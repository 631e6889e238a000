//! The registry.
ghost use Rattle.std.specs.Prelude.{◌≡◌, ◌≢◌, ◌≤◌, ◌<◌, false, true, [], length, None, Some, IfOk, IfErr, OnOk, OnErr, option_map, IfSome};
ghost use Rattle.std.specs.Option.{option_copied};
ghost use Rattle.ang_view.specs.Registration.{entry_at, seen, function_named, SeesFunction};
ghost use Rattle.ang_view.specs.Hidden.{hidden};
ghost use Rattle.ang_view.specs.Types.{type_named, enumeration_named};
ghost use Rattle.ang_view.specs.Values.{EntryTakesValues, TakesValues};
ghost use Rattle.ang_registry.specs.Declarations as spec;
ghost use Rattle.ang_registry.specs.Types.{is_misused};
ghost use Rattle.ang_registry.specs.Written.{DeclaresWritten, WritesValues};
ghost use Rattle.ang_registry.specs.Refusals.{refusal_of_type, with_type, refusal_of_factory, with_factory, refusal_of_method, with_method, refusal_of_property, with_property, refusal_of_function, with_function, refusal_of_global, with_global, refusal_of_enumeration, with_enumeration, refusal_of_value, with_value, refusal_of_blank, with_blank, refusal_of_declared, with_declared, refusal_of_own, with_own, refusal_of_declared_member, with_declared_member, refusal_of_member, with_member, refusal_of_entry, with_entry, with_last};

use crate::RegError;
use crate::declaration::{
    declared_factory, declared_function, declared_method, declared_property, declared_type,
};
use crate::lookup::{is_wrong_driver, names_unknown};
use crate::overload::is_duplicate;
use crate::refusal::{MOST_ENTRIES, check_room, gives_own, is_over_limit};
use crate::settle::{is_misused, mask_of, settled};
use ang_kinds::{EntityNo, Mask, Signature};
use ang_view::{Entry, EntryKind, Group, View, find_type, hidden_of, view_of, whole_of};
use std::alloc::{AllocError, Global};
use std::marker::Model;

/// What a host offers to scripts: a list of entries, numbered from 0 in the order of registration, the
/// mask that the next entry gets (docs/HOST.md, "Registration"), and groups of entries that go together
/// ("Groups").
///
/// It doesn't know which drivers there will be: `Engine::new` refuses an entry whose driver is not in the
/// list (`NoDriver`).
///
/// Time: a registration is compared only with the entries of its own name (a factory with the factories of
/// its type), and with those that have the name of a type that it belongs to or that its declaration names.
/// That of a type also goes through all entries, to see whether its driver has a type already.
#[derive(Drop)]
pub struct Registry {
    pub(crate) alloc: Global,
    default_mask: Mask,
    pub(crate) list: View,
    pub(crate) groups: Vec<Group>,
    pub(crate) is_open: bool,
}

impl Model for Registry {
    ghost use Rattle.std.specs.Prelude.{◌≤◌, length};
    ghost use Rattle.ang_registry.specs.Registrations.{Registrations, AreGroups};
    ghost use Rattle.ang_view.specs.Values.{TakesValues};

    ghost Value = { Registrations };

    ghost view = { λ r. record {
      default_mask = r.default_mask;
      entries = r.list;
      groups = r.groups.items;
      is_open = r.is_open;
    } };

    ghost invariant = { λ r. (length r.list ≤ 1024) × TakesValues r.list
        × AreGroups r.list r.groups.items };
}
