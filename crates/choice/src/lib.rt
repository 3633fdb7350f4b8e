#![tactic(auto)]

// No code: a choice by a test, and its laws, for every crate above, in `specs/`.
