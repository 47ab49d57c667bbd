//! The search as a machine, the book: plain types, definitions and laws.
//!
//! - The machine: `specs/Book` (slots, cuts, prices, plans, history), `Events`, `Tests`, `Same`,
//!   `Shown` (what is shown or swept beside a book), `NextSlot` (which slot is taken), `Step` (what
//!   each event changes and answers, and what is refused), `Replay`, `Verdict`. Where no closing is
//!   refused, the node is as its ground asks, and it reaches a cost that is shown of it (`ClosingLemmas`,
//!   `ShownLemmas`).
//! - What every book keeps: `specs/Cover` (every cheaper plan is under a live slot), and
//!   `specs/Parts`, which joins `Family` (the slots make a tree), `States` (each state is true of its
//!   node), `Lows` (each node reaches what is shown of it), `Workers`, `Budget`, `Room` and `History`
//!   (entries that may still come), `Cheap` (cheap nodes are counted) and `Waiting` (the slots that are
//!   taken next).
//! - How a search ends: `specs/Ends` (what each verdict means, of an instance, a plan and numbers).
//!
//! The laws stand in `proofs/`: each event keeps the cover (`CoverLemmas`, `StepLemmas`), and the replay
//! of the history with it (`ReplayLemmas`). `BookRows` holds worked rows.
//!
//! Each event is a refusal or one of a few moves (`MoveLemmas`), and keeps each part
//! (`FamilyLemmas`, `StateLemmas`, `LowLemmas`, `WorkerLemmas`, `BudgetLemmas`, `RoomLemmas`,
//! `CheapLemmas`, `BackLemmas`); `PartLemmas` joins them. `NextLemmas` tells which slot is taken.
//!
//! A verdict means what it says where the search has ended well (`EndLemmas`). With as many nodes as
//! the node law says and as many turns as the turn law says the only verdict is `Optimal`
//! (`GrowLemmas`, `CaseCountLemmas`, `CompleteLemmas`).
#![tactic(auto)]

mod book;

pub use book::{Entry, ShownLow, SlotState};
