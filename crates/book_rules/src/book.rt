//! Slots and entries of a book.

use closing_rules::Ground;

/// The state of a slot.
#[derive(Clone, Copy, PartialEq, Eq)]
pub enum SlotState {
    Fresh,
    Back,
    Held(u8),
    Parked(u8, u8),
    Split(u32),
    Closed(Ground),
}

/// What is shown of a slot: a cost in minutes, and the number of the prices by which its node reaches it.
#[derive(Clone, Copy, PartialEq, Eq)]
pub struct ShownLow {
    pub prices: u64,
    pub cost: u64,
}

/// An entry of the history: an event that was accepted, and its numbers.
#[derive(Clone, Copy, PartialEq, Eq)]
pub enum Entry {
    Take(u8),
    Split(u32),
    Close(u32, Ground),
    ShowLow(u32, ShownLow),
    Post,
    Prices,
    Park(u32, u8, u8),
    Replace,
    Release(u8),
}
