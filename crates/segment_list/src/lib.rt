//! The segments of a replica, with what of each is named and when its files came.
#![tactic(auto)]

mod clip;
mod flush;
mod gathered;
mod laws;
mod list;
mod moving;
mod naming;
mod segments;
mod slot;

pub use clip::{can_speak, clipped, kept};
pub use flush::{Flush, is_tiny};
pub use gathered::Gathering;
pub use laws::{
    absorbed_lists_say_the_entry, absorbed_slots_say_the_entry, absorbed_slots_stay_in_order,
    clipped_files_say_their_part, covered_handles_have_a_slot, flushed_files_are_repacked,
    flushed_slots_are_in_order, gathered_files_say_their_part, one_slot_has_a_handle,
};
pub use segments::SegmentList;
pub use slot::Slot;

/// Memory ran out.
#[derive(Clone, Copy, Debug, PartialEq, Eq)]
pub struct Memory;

━━━━━━

* Goal of the exercise *
Those lines above that contain the string "length" should be returned.

* Answer section *
ghost use Rattle.std.specs.Prelude.{◌≡◌, ◌≢◌, ◌≤◌, ◌<◌, false, true, [], length, None, Some, IfOk, IfErr, OnOk, OnErr, option_map, IfSome};
    ghost use Rattle.std.specs.Prelude.{◌≤◌, length};
    ghost invariant = { λ r. (length r.list ≤ 1024) × TakesValues r.list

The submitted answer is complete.